AI 용어집
인공지능 완전 사전
Model-Based Offline RL
Offline reinforcement learning approach that learns a dynamic model of the environment to generate synthetic data and improve the policy without real interaction.
Imagination Rollouts
Simulated trajectories generated using the learned model of the environment to explore potential future states without real interaction with the environment.
Conservative Policy Optimization
Algorithm that explicitly penalizes policies that significantly deviate from the training data behavior to avoid extrapolation errors.
Uncertainty Quantification
Technique to estimate the uncertainty of the dynamic model in out-of-distribution regions to guide exploration and avoid catastrophic errors.
Ensemble Models
Collection of multiple dynamic models trained with different initializations to estimate epistemic uncertainty through prediction variance.
Trajectory Transformers
Transformer architecture that models trajectories as sequences of states, actions, and rewards to predict future transitions in offline learning.

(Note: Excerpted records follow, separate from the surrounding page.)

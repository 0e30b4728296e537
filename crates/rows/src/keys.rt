// The keys that the tables of a row file may have.
use toml::Table;

/// Those of a row, which its group may have for it.
pub const ROW: &[&str] = &[
    "any",
    "any_err",
    "bare",
    "counts",
    "err",
    "fails",
    "faults",
    "file",
    "first",
    "left",
    "out",
    "parts",
    "registers",
    "same",
    "status",
    "text",
    "words",
];

/// Those of a group beside them.
pub const GROUP: &[&str] = &["name", "rows"];

/// Those of a command that is done before that of the row.
pub const STEP: &[&str] = &["err", "out", "status", "words"];

/// Those of the calls that fail.
pub const FAILS: &[&str] = &["err", "files", "out"];

/// Those of a part of a file.
pub const PART: &[&str] = &["at", "file", "text"];

/// Whether the key is one of these.
pub fn is_one_of(keys: &[&str], key: &str) -> bool {
    for known in keys {
        if *known == key {
            return true;
        }
    }
    false
}

/// The first key of the table that is none of these.
pub fn unknown_key<'a>(table: &'a Table, keys: &[&str]) -> Option<&'a str> {
    for (key, _) in table.iter() {
        if !is_one_of(keys, key) {
            return Some(key.as_str());
        }
    }
    None
}
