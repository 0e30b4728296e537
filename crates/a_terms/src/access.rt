// How programs are made and read.
ghost use Rattle.std.specs.Prelude.{◌≡◌};
ghost use Rattle.a_terms.specs.Arity.{ARow, ARows};
ghost use Rattle.a_terms.specs.Bound.{ABound};
ghost use Rattle.a_terms.specs.NodeTrees.{a_blocks, a_data, a_prog, a_tree};
ghost use Rattle.a_terms.specs.Program.{program_in, main_in};

use crate::nodes::{ABlock, AData, ANode};
use crate::program::AProgram;

impl AProgram {
    /// The program of these blocks, this main term and these data tuples.
    pub fn new(blocks: Vec<ABlock>, main: Vec<ANode>, tuples: Vec<AData>) -> AProgram
        requires block_rows { ARows blocks.items }
        requires main_row { ARow main.items 1 }
        requires bound { ∥ (ABound (a_prog blocks.items tuples.items) (a_tree main.items)) ∥₁ }
        ensures program { program_in result ≡ a_prog blocks.items tuples.items }
        ensures main { main_in result ≡ a_tree main.items }
    {
        AProgram {
            blocks,
            main,
            tuples,
        }
    }

    /// The blocks, by label.
    pub fn blocks(&self) -> &[ABlock]
        ensures same { a_blocks result.now ≡ (program_in self.now).blocks }
        ensures rows { ARows result.now }
        ensures bound { ∥ (ABound (program_in self.now) (main_in self.now)) ∥₁ }
    {
        &self.blocks
    }

    /// The nodes of the main term, which takes nothing.
    pub fn main(&self) -> &[ANode]
        ensures same { a_tree result.now ≡ main_in self.now }
        ensures row { ARow result.now 1 }
    {
        &self.main
    }

    /// The data tuples, by number.
    pub fn data(&self) -> &[AData]
        ensures same { a_data result.now ≡ (program_in self.now).tuples }
    {
        &self.tuples
    }
}
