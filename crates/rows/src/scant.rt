// Files and outputs in memory that find no memory where a row says so.
use io_core::{Files, MemFiles, MemSink, Sink, Stop};
use std::alloc::Global;

/// Files in memory. Where they are scant no call finds memory.
#[derive(Drop)]
pub struct RowFiles {
    pub files: MemFiles,
    pub scant: bool,
}

impl Files for RowFiles {
    ghost use Rattle.io_core.specs.MemFiles.{files_state};

    ghost state = { λ f. files_state f.files };

    fn read_all(&mut self, alloc: Global, name: &str) -> Result<Vec<u8>, Stop> {
        if self.scant {
            return Err(Stop::Memory);
        }
        self.files.read_all(alloc, name)
    }

    fn write_all(&mut self, alloc: Global, name: &str, bytes: &[u8]) -> Result<(), Stop> {
        if self.scant {
            return Err(Stop::Memory);
        }
        self.files.write_all(alloc, name, bytes)
    }
}

/// An output in memory. Where it is scant its next put finds no memory, and later ones do. It counts the puts that
/// wanted memory.
#[derive(Drop)]
pub struct RowSink {
    pub sink: MemSink,
    pub scant: bool,
    pub wants: u64,
}

impl Sink for RowSink {
    ghost use Rattle.std.specs.Prelude.{Some};

    ghost state = { λ s. record { taken = Some s.sink.taken; faults = s.sink.faults; wants = s.wants } };

    fn put(&mut self, alloc: Global, bytes: &[u8]) -> Result<(), Stop> {
        if self.scant {
            self.scant = false;
            self.wants = self.wants.saturating_add(1);
            return Err(Stop::Memory);
        }
        match self.sink.put(alloc, bytes) {
            Ok(()) => Ok(()),
            Err(Stop::Failed) => Err(Stop::Failed),
            Err(Stop::Memory) => {
                self.wants = self.wants.saturating_add(1);
                Err(Stop::Memory)
            }
        }
    }
}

Offline-to-Online Transfer
Process of transferring a policy learned offline to an online environment for refinement and continuous adaptation with real interaction.
Model Ensembling
Technique using multiple dynamic models to capture different hypotheses about state transition and improve prediction robustness.
Advantage Weighted Regression
Offline method that weights actions in training data according to their estimated advantage to improve policy beyond simple cloning.
Out-of-Distribution Detection
Mechanism to identify when states generated by the model significantly deviate from the original training data distribution.